RECORDS PROVIDED START
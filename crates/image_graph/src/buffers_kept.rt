//! That pauses may settle the buffers of seats, and let them go: the words of a heap represent the same graph afterwards. Laws, as theorems
//! and no code.

ghost use Rattle.std.specs.Prelude.{ℕ};
ghost use Rattle.heap_words.specs.declared.config.Config.{Config};
ghost use Rattle.heap_words.specs.Words.{Word};
ghost use Rattle.shen_graph.specs.Graph.{Graph};
ghost use Rattle.heap_world.specs.Asking.{Asking};
ghost use Rattle.image_graph.specs.BuffersKeep.{SettlingKeeps, LettingGoKeeps, HasNoOtherBuffers, LastDivide, NoneHaveRoom};

/// A law: words represent the same graph after buffers were settled.
pub fn settling_keeps()
    ensures { (config : Config) (memory : Word → ℕ) (graph : Graph) (asking : ℕ → Asking) → SettlingKeeps config memory graph asking }
{}

/// A law: words represent the same graph after buffers were let go.
pub fn letting_go_keeps()
    ensures { (config : Config) (memory : Word → ℕ) (graph : Graph) (asking : ℕ → Asking) → HasNoOtherBuffers config memory → LettingGoKeeps config memory graph asking }
{}

/// A law: once buffers are settled, all room lies at or above the edge of its region, and all other pieces below it.
pub fn edges_divide()
    ensures { LastDivide }
{}

/// A law: once buffers were let go, no piece is room.
pub fn none_have_room()
    ensures { NoneHaveRoom }
{}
RECORDS PROVIDED END
WHAT YOU WILL DO ▸
Print the records again in their entirety, character for character.

RESULT OF THE TASK ▸
filename crates/image_graph/src/buffers_kept.rt
//! That pauses may settle the buffers of seats, and let them go: the words of a heap represent the same graph afterwards. Laws, as theorems
//! and no code.

ghost use Rattle.std.specs.Prelude.{ℕ};
ghost use Rattle.heap_words.specs.declared.config.Config.{Config};
ghost use Rattle.heap_words.specs.Words.{Word};
ghost use Rattle.shen_graph.specs.Graph.{Graph};
ghost use Rattle.heap_world.specs.Asking.{Asking};
ghost use Rattle.image_graph.specs.BuffersKeep.{SettlingKeeps, LettingGoKeeps, HasNoOtherBuffers, LastDivide, NoneHaveRoom};

/// A law: words represent the same graph after buffers were settled.
pub fn settling_keeps()
    ensures { (config : Config) (memory : Word → ℕ) (graph : Graph) (asking : ℕ → Asking) → SettlingKeeps config memory graph asking }
{}

/// A law: words represent the same graph after buffers were let go.
pub fn letting_go_keeps()
    ensures { (config : Config) (memory : Word → ℕ) (graph : Graph) (asking : ℕ → Asking) → HasNoOtherBuffers config memory → LettingGoKeeps config memory graph asking }
{}

/// A law: once buffers are settled, all room lies at or above the edge of its region, and all other pieces below it.
pub fn edges_divide()
    ensures { LastDivide }
{}

/// A law: once buffers were let go, no piece is room.
pub fn none_have_room()
    ensures { NoneHaveRoom }
{}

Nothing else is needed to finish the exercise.